ACS Catal. https://go.nature.com/2IIgxrX (2019).

figure a

Supported catalytically active liquid metal solutions (SCALMS) are a very recent class of catalysts based on metal alloys that are liquid under reaction conditions. Palladium–gallium phases rich in gallium are the prototypical SCALMS, and have shown superior alkene dehydrogenation activity and stability compared to conventional supported metals. However, the determination of the structure–activity properties for such systems is not trivial, due to their unconventional physicochemical properties and the related scarcity of established characterization techniques. Now, Jörg Libuda and colleagues report an operando diffuse reflectance infrared Fourier transform spectroscopy (DRIFTS) approach for the study of propane dehydrogenation using gallium–platinum SCALMS, which represents an important step forward in the understanding of this class of catalysts.

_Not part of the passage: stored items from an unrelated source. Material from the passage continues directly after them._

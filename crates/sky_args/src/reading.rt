//! Arguments are read.

ghost use Rattle.std.specs.Prelude.{◌≡◌, ℕ, ◌<◌, ◌≤◌, ◌↔◌, length, slice_get, IfOk, IsErrOf, IsTrue};
ghost use Rattle.sky_nfs.specs.Calls.{procedure_of};
ghost use Rattle.sky_nfs.specs.declared.call.Call.{Call};
ghost use Rattle.sky_args.specs.Args.{IsArgs, args_bytes};
ghost use Rattle.sky_args.specs.Reading.{GivesOrNoMemory, ReadsProcedure, args_at, carries_text, readers};
ghost use Rattle.sky_args.specs.Sizes.{FitsTypes};

use crate::changes::{
    take_create, take_link, take_mkdir, take_mknod, take_remove, take_rename, take_rmdir,
    take_set_attr_call, take_symlink, take_write,
};
use crate::fault::ArgFault;
use crate::queries::{
    take_access, take_commit, take_fs_info, take_fs_stat, take_get_attr, take_lookup,
    take_path_conf, take_read, take_read_dir, take_read_dir_plus, take_read_link,
};
use sky_nfs::Call;
use sky_xdr::Reader;
use std::alloc::Global;

/// Takes the arguments of a procedure.
#[tactic(auto, unfolding(crate::specs::Reading::null_at, sky_xdr::specs::GrammarReading::give))]
fn take_call(alloc: Global, procedure: u32, reader: &mut Reader<'_>) -> Result<Call, ArgFault>
    ensures exact { ReadsProcedure (slice_get readers procedure) result reader.old reader.new }
    ensures memory { IsErrOf result ArgFault.Memory → IsTrue (carries_text procedure) }
{
    match procedure {
        0 => Ok(Call::Null),
        1 => Ok(take_get_attr(reader)?),
        2 => Ok(take_set_attr_call(reader)?),
        3 => take_lookup(alloc, reader),
        4 => Ok(take_access(reader)?),
        5 => Ok(take_read_link(reader)?),
        6 => Ok(take_read(reader)?),
        7 => take_write(alloc, reader),
        8 => take_create(alloc, reader),
        9 => take_mkdir(alloc, reader),
        10 => take_symlink(alloc, reader),
        11 => take_mknod(alloc, reader),
        12 => take_remove(alloc, reader),
        13 => take_rmdir(alloc, reader),
        14 => take_rename(alloc, reader),
        15 => take_link(alloc, reader),
        16 => Ok(take_read_dir(reader)?),
        17 => Ok(take_read_dir_plus(reader)?),
        18 => Ok(take_fs_stat(reader)?),
        19 => Ok(take_fs_info(reader)?),
        20 => Ok(take_path_conf(reader)?),
        21 => Ok(take_commit(reader)?),
        _ => Err(ArgFault::NoSuchProc),
    }
}

/// The call of a procedure that has all of these bytes as its arguments.
fn read_whole(alloc: Global, procedure: u32, bytes: &[u8]) -> Result<Call, ArgFault>
    ensures exact { GivesOrNoMemory result (args_at procedure bytes.now) }
    ensures memory { IsErrOf result ArgFault.Memory → IsTrue (carries_text procedure) }
{
    let mut reader = Reader::over(bytes);
    let call = take_call(alloc, procedure, &mut reader)?;
    reader.end()?;
    Ok(call)
}

/// The call of a procedure that has these bytes as its arguments, by the procedure's number
/// (RFC 1813, section 3.3). All of the bytes belong to it. Names, texts and data have any length
/// that is there; their bytes are copied.
///
/// `NoSuchProc` where the number is above 21. `Garbage` where no call of the procedure has these
/// bytes. `Memory` only for a procedure whose arguments have a name, a text or data: LOOKUP, and
/// those from WRITE to LINK.
pub fn read_args(alloc: Global, procedure: u32, bytes: &[u8]) -> Result<Call, ArgFault>
    ensures called { IfOk result (λ call. procedure_of call ≡ procedure) }
    ensures found { IfOk result (λ call. IsArgs bytes.now call) }
    // It can be written again, in as many bytes.
    ensures fits { IfOk result FitsTypes }
    ensures as_long { IfOk result (λ call. length (args_bytes call) ≡ length bytes.now) }
    // The call that has these bytes is given, unless there was no memory.
    ensures given { (call : Call) → procedure_of call ≡ procedure → IsArgs bytes.now call
        → GivesOrNoMemory result (Ok call) }
    ensures no_such_proc { IsErrOf result ArgFault.NoSuchProc ↔ (21 < procedure) }
    ensures garbage { IsErrOf result ArgFault.Garbage
        → (procedure ≤ 21) × ((call : Call) → procedure_of call ≡ procedure → ¬ IsArgs bytes.now call) }
    ensures memory { IsErrOf result ArgFault.Memory → IsTrue (carries_text procedure) }
    // All of that in one computing definition.
    ensures exact { GivesOrNoMemory result (args_at procedure bytes.now) }
{
    read_whole(alloc, procedure, bytes)
}
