//! The arguments of NFS version 3 (RFC 1813, section 3.3), read and written.
#![tactic(auto)]

mod attributes;
mod changes;
mod fault;
mod handles;
mod how;
mod laws;
mod length;
mod procedure;
mod queries;
mod reading;
mod writing;

pub use attributes::{put_moment, take_moment};
pub use fault::ArgFault;
pub use laws::{
    accepted_arguments_are_written, args_at_decides, arguments_have_one_reading,
    written_arguments_are_read,
};
pub use length::args_length;
pub use procedure::procedure_number;
pub use reading::read_args;
pub use writing::{put_args, write_args};
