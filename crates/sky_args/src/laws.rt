//! What holds of arguments as such. A call of these functions does nothing: each of their clauses is
//! a law that is proved.

ghost use Rattle.std.specs.Prelude.{◌≡◌, ℕ, ◌<◌, ◌↔◌, List, [], ◌++◌, length, Ok, Err};
ghost use Rattle.sky_nfs.specs.Calls.{procedure_of};
ghost use Rattle.sky_nfs.specs.declared.call.Call.{Call};
ghost use Rattle.sky_xdr.specs.Encoding.{AreBytes};
ghost use Rattle.sky_args.specs.Args.{IsArgs, args_bytes};
ghost use Rattle.sky_args.specs.Reading.{NoSuchProc, args_at};
ghost use Rattle.sky_args.specs.Sizes.{FitsTypes};

/// The arguments of a procedure are read in one way.
pub fn arguments_have_one_reading()
    // No bytes are the arguments of two calls of one procedure.
    ensures one_call { (bytes : List ℕ) (a b : Call) → IsArgs bytes a → IsArgs bytes b
        → procedure_of a ≡ procedure_of b → a ≡ b }
    // No arguments are a proper prefix of others of the same procedure.
    ensures no_prefix { (bytes more : List ℕ) (a b : Call) → IsArgs bytes a → IsArgs (bytes ++ more) b
        → procedure_of a ≡ procedure_of b → more ≡ [] }
{}

/// What is written is among the arguments of the call, and is read again as the call.
pub fn written_arguments_are_read()
    ensures found { (call : Call) → FitsTypes call → IsArgs (args_bytes call) call }
    ensures read_again { (call : Call) → FitsTypes call
        → args_at (procedure_of call) (args_bytes call) ≡ Ok call }
{}

/// What bytes that are the arguments of a call say of it.
pub fn accepted_arguments_are_written()
    ensures fits { (bytes : List ℕ) (call : Call) → IsArgs bytes call → FitsTypes call }
    // Its written arguments are as long as any that are accepted.
    ensures as_long { (bytes : List ℕ) (call : Call) → IsArgs bytes call
        → length (args_bytes call) ≡ length bytes }
{}

/// `args_at` decides which call of a procedure has given bytes as its arguments.
pub fn args_at_decides()
    ensures accepted { (bytes : List ℕ) (call : Call) → IsArgs bytes call
        → args_at (procedure_of call) bytes ≡ Ok call }
    ensures found { (procedure : ℕ) (bytes : List ℕ) (call : Call) → AreBytes bytes
        → args_at procedure bytes ≡ Ok call → (procedure_of call ≡ procedure) × IsArgs bytes call }
    ensures no_such_proc { (procedure : ℕ) (bytes : List ℕ)
        → (args_at procedure bytes ≡ Err NoSuchProc) ↔ (21 < procedure) }
{}
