//! Handles, names, texts, data and verifiers, read and written.

ghost use Rattle.std.specs.Prelude.{◌≡◌, ◌^◌, ◌<◌, ◌≤◌, length};
ghost use Rattle.sky_xdr.specs.Encoding.{fixed, opaque};
ghost use Rattle.sky_xdr.specs.Writing.{Puts};
ghost use Rattle.sky_xdr.specs.GrammarReading.{Reads};
ghost use Rattle.sky_args.specs.Parts.{dir_op_args_bytes};
ghost use Rattle.sky_args.specs.Reading.{ReadsOrNoMemory, handle_at, text_at, verifier_at, dir_op_args_at};
ghost use Rattle.sky_args.specs.Sizes.{FitsHandle, FitsText, FitsVerifier, FitsDirOpArgs};

use crate::fault::ArgFault;
use sky_nfs::{Bytes, DirOpArgs, RawHandle};
use sky_xdr::{NoRoom, Reader, Writer, XdrFault};
use std::alloc::Global;

/// The most bytes that a file handle has (`NFS3_FHSIZE`, RFC 1813 section 2.4).
const MAX_HANDLE: u32 = RawHandle::MAX as u32;

/// The bytes of a verifier (`NFS3_CREATEVERFSIZE`, `NFS3_COOKIEVERFSIZE`, RFC 1813 section 2.4).
const VERIFIER_SIZE: u32 = 8;

/// Takes a file handle (`nfs_fh3`).
#[tactic(auto, unfolding(crate::specs::Reading::handle_at))]
pub fn take_handle(reader: &mut Reader<'_>) -> Result<RawHandle, XdrFault>
    ensures exact { Reads result reader.new (handle_at reader.old) }
{
    let bytes = reader.take_opaque(MAX_HANDLE)?;
    Ok(RawHandle::new(bytes))
}

/// Takes a name, a text or data, of any length that is there, and copies it.
#[tactic(auto, unfolding(crate::specs::Reading::text_at))]
pub fn take_text(alloc: Global, reader: &mut Reader<'_>) -> Result<Bytes, ArgFault>
    ensures exact { ReadsOrNoMemory result reader.new (text_at reader.old) }
{
    let bytes = reader.take_opaque(u32::MAX)?;
    Ok(Bytes::new(Vec::from_slice(alloc, bytes)?))
}

/// Takes a verifier (`createverf3`, `cookieverf3`).
#[tactic(auto, unfolding(crate::specs::Reading::verifier_at))]
pub fn take_verifier(reader: &mut Reader<'_>) -> Result<[u8; 8], XdrFault>
    ensures exact { Reads result reader.new (verifier_at reader.old) }
{
    let bytes = reader.take_fixed(VERIFIER_SIZE)?;
    let mut verifier = [0; 8];
    verifier.copy_from_slice(bytes);
    Ok(verifier)
}

/// Takes a name in a directory (`diropargs3`).
#[tactic(auto, unfolding(crate::specs::Reading::dir_op_args_at, sky_xdr::specs::Reading::bind, sky_xdr::specs::GrammarReading::give))]
pub fn take_dir_op_args(alloc: Global, reader: &mut Reader<'_>) -> Result<DirOpArgs, ArgFault>
    ensures exact { ReadsOrNoMemory result reader.new (dir_op_args_at reader.old) }
{
    let directory = take_handle(reader)?;
    let name = take_text(alloc, reader)?;
    Ok(DirOpArgs { directory, name })
}

/// Writes a file handle.
pub fn put_handle(writer: &mut Writer<'_>, handle: &RawHandle) -> Result<(), NoRoom>
    ensures puts { Puts result (opaque handle.now) writer.old writer.new }
    ensures fits { FitsHandle handle.now }
{
    writer.put_opaque(handle.as_bytes())
}

/// Writes a name, a text or data.
pub fn put_text(writer: &mut Writer<'_>, text: &Bytes) -> Result<(), NoRoom>
    requires { length (opaque text.now) < 2 ^ 32 }
    ensures puts { Puts result (opaque text.now) writer.old writer.new }
    ensures fits { FitsText text.now }
{
    writer.put_opaque(text.as_slice())
}

/// Writes a verifier.
pub fn put_verifier(writer: &mut Writer<'_>, verifier: [u8; 8]) -> Result<(), NoRoom>
    ensures puts { Puts result (fixed verifier) writer.old writer.new }
    ensures fits { FitsVerifier verifier }
{
    writer.put_fixed(&verifier)
}

/// Writes a name in a directory.
#[tactic(auto, unfolding(crate::specs::Parts::dir_op_args_bytes))]
pub fn put_dir_op_args(writer: &mut Writer<'_>, at: &DirOpArgs) -> Result<(), NoRoom>
    requires { length (dir_op_args_bytes at.now) < 2 ^ 32 }
    ensures puts { Puts result (dir_op_args_bytes at.now) writer.old writer.new }
    ensures fits { FitsDirOpArgs at.now }
{
    put_handle(writer, &at.directory)?;
    put_text(writer, &at.name)
}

The authors compared the activity of Ga/Al2O3, Pt/Al2O3, and Ga37Pt/Al2O3 during propane dehydrogenation, monitoring the reaction with gas chromatography, while simultaneously following the interaction of the active phase with CO — used as the probe molecule — by DRIFTS. Ab initio molecular dynamics simulations based upon DFT methods were employed to model the catalyst’s active site as well as its interaction with CO, in order to guide the interpretation of the infrared spectra. Interestingly, the simulations confirm the dynamic behaviour of Pt atoms in the gallium matrix, which occasionally reach the surface of the liquid, becoming amenable to activate the reactant (pictured). Recording DRIFTS spectra under either Ar/propane or CO/propane atmospheres, the group identified conditions under which CO can serve as a spectroscopic probe. Interestingly, the Ga–Pt SCALMS showed the highest activity and selectivity compared to the control catalysts. Moreover, while CO partially inhibited propane dehydrogenation on Pt/Al2O3, the reaction on Ga37Pt/Al2O3 was unaffected.

The spectral features of absorbed CO reveal important differences in the active sites of simple supported platinum and liquid-metal solutions. In particular, the electronic properties of Pt species are significantly altered within SCALMS due to the influence of the gallium matrix, as well as the possible presence of hydrocarbon co-adsorbates.